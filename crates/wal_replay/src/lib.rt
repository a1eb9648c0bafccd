//! The replay of a journal: files read back into tables.
#![tactic(auto)]

mod fault;
mod fetch;
mod filling;
mod replay;
mod survey;

pub use fault::ReplayFault;
pub use replay::{ReplayedMemtable, WalReplayIterator};
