//! The rows of a text put into a table.

ghost use Rattle.wal_replay.specs.Texts.{Roomy, Puts};

use crate::survey::more;
use mem_table::Table;
use rows::Reader;

/// Puts the rows above the watermark into a table that has room for them.
pub fn put_rows<T: Table>(table: &mut T, text: &[u8], watermark: u64)
    requires { Roomy watermark (T.Table.means table.old).held text.now }
    ensures { Puts watermark (T.Table.means table.old) (T.Table.means table.new) text.now }
{
    let mut reader = Reader::new(text);
    // kept: nothing is counted by hand, and the reader is asked for one row after the other
    while more(&mut reader) {
        let row = reader.row();
        if watermark < row.seq {
            table.put(row).unwrap();
        }
    }
}
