//! A file of the replay read into a buffer.

ghost use Rattle.std.specs.Prelude.{◌≡◌};
ghost use Rattle.wal_replay.specs.Files.{Fetched, met_length, said_length};

use store::{Store, StoreFault};
use wal::WalFault;
use wal_init::Front;

/// The store's answer, where a file that is missing means a journal cut off.
fn found(answer: Result<usize, StoreFault>) -> Result<usize, WalFault>
    ensures { said_length result ≡ met_length answer }
{
    answer.map_err(|fault| match fault {
        StoreFault::Missing(id) => WalFault::WalTruncated(id),
        other => WalFault::from(other),
    })
}

/// Reads a file that was asked for into the buffer's beginning.
pub fn fetch<S: Store>(store: &mut S, asked: Front, buffer: &mut [u8]) -> Result<usize, WalFault>
    ensures { Fetched (S.Store.means store.old) (S.Store.means store.new) asked buffer.old buffer.new result }
{
    found(asked.answer)?;
    found(store.read(asked.wal_id, buffer))
}
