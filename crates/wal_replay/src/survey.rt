//! A text looked over, before any of its rows is put.

ghost use Rattle.std.specs.Prelude.{◌≡◌, ◌+◌, ◌^◌, ◌<◌, Option};
ghost use Rattle.rows.specs.Entries.{row_of};
ghost use Rattle.rows.specs.Reading.{text_of, row_under};
ghost use Rattle.rows.specs.Sizes.{weight};
ghost use Rattle.wal_replay.specs.Rows.{raised, widen};
ghost use Rattle.wal_replay.specs.Texts.{Sound, Moves, see, Surveyed};

use rows::{Damage, Reader, RowEntry};

/// What the rows of a text come to.
#[derive(Clone, Copy)]
pub struct Survey {
    /// The least and the greatest number; none where there are no rows.
    pub span: Option<(u64, u64)>,
    /// How many rows are above the watermark.
    pub count: usize,
    /// The bytes of their keys and values.
    pub bytes: usize,
    /// The last tick with these rows.
    pub last_tick: i64,
    /// The last number with these rows.
    pub last_seq: u64,
}

/// Goes on to the next row of a text that is known to be sound.
pub fn more(reader: &mut Reader<'_>) -> bool
    requires { Sound (text_of reader.old) reader.old.place }
    ensures text { reader.new.text ≡ reader.old.text }
    ensures moves { Moves (text_of reader.old) reader.old.place reader.new.place (row_under reader.new) result }
{
    reader.advance().unwrap()
}

/// The least and the greatest number with one more.
fn widened(span: Option<(u64, u64)>, seq: u64) -> Option<(u64, u64)>
    ensures { result ≡ widen span seq }
{
    Some(span.map_or((seq, seq), |(least, greatest)| {
        (least.min(seq), greatest.max(seq))
    }))
}

/// A tick raised by another, where there is one.
fn raised_tick(tick: i64, create_ts: Option<i64>) -> i64
    ensures { result ≡ raised tick create_ts }
{
    create_ts.map_or(tick, |ts| tick.max(ts))
}

impl Survey {
    /// With one row more.
    fn see(self, watermark: u64, row: RowEntry<'_>) -> Survey
        requires { self.count + self.bytes + weight (row_of row) + 1 < 2 ^ 64 }
        ensures { result ≡ see watermark self (row_of row.entry) }
    {
        let span = widened(self.span, row.seq);
        if watermark < row.seq {
            Survey {
                span,
                count: self.count + 1,
                bytes: self.bytes + row.weight(),
                last_tick: raised_tick(self.last_tick, row.create_ts),
                last_seq: self.last_seq.max(row.seq),
            }
        } else {
            Survey { span, ..self }
        }
    }
}

/// Looks a text over, from a last tick and a last number on.
pub fn look_over(
    text: &[u8],
    watermark: u64,
    last_tick: i64,
    last_seq: u64,
) -> Result<Survey, Damage>
    ensures { Surveyed text.now watermark last_tick last_seq result }
{
    let mut reader = Reader::new(text);
    reader.look_ahead()?;
    let mut seen = Survey {
        span: None,
        count: 0,
        bytes: 0,
        last_tick,
        last_seq,
    };
    // kept: nothing is counted by hand, and the reader is asked for one row after the other
    while more(&mut reader) {
        seen = seen.see(watermark, reader.row());
    }
    Ok(seen)
}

Goal of the exercise
The answer is the line containing "Surveyed text.now watermark" together with every line after it in the records, repeated exactly and with nothing else.

Solution to this problem
    ensures { Surveyed text.now watermark last_tick last_seq result }
{
    let mut reader = Reader::new(text);
    reader.look_ahead()?;
    let mut seen = Survey {
        span: None,
        count: 0,
        bytes: 0,
        last_tick,
        last_seq,
    };
    // kept: nothing is counted by hand, and the reader is asked for one row after the other
    while more(&mut reader) {
        seen = seen.see(watermark, reader.row());
    }
    Ok(seen)
}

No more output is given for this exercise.